→ Problem statement: Filter these entries down to lines holding "Rattle".

::::

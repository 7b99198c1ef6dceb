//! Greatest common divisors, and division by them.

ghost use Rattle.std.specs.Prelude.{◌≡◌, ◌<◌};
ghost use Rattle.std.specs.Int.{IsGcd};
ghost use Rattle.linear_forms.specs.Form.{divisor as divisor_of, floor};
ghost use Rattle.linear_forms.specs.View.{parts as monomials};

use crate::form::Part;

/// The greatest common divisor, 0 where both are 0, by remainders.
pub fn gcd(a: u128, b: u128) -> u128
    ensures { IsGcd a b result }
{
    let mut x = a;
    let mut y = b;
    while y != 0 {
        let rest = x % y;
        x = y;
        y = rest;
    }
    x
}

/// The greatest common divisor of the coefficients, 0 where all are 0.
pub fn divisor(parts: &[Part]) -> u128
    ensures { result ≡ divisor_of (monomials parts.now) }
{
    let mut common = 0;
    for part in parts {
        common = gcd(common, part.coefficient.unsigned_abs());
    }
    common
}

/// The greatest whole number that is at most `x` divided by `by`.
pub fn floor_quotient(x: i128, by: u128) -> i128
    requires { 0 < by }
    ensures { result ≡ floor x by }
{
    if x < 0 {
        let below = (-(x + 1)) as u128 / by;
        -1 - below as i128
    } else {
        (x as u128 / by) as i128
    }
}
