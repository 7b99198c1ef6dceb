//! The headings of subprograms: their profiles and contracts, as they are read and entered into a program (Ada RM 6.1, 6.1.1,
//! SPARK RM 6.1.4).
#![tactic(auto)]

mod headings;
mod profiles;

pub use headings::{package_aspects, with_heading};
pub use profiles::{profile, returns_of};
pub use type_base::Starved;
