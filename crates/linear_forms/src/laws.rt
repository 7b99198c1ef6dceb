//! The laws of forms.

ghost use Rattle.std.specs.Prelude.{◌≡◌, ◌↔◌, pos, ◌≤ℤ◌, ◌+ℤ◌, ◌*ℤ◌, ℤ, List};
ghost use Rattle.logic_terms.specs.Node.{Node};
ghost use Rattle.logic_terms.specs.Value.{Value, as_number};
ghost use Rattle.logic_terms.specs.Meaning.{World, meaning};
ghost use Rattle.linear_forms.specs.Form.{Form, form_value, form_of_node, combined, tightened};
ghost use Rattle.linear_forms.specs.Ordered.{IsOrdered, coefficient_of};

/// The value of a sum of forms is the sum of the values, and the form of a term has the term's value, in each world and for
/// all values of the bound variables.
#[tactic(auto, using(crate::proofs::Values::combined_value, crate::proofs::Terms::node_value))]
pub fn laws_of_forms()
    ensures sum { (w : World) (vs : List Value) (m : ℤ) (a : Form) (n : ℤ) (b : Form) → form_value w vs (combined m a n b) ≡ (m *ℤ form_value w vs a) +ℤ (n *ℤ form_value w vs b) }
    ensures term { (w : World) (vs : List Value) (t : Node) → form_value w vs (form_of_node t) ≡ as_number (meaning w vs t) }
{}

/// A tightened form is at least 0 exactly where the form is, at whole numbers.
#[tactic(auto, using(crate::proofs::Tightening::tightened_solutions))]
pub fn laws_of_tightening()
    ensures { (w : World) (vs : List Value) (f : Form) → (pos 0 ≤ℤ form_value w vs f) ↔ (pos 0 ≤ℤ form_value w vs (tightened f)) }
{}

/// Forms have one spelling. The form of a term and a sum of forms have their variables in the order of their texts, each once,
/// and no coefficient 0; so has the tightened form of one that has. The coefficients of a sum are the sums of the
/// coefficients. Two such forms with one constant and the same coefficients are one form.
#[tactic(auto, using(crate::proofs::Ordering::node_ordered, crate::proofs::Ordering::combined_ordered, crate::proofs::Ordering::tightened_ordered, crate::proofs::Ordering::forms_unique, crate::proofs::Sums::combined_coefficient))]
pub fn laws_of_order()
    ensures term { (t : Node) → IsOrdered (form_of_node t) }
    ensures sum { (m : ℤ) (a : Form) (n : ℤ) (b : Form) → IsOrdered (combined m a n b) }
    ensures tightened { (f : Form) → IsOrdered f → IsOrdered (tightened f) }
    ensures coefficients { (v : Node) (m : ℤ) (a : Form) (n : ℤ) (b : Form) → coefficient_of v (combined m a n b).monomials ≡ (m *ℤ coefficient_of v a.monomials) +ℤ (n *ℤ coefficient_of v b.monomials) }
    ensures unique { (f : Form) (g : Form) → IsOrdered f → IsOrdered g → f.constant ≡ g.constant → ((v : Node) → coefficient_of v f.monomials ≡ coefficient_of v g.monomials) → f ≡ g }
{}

::::

→ Solution below:
ghost use Rattle.std.specs.Prelude.{◌≡◌, ◌<◌};
ghost use Rattle.std.specs.Int.{IsGcd};
ghost use Rattle.linear_forms.specs.Form.{divisor as divisor_of, floor};
ghost use Rattle.linear_forms.specs.View.{parts as monomials};
ghost use Rattle.std.specs.Prelude.{◌≡◌, ◌↔◌, pos, ◌≤ℤ◌, ◌+ℤ◌, ◌*ℤ◌, ℤ, List};
ghost use Rattle.logic_terms.specs.Node.{Node};
ghost use Rattle.logic_terms.specs.Value.{Value, as_number};
ghost use Rattle.logic_terms.specs.Meaning.{World, meaning};
ghost use Rattle.linear_forms.specs.Form.{Form, form_value, form_of_node, combined, tightened};
ghost use Rattle.linear_forms.specs.Ordered.{IsOrdered, coefficient_of};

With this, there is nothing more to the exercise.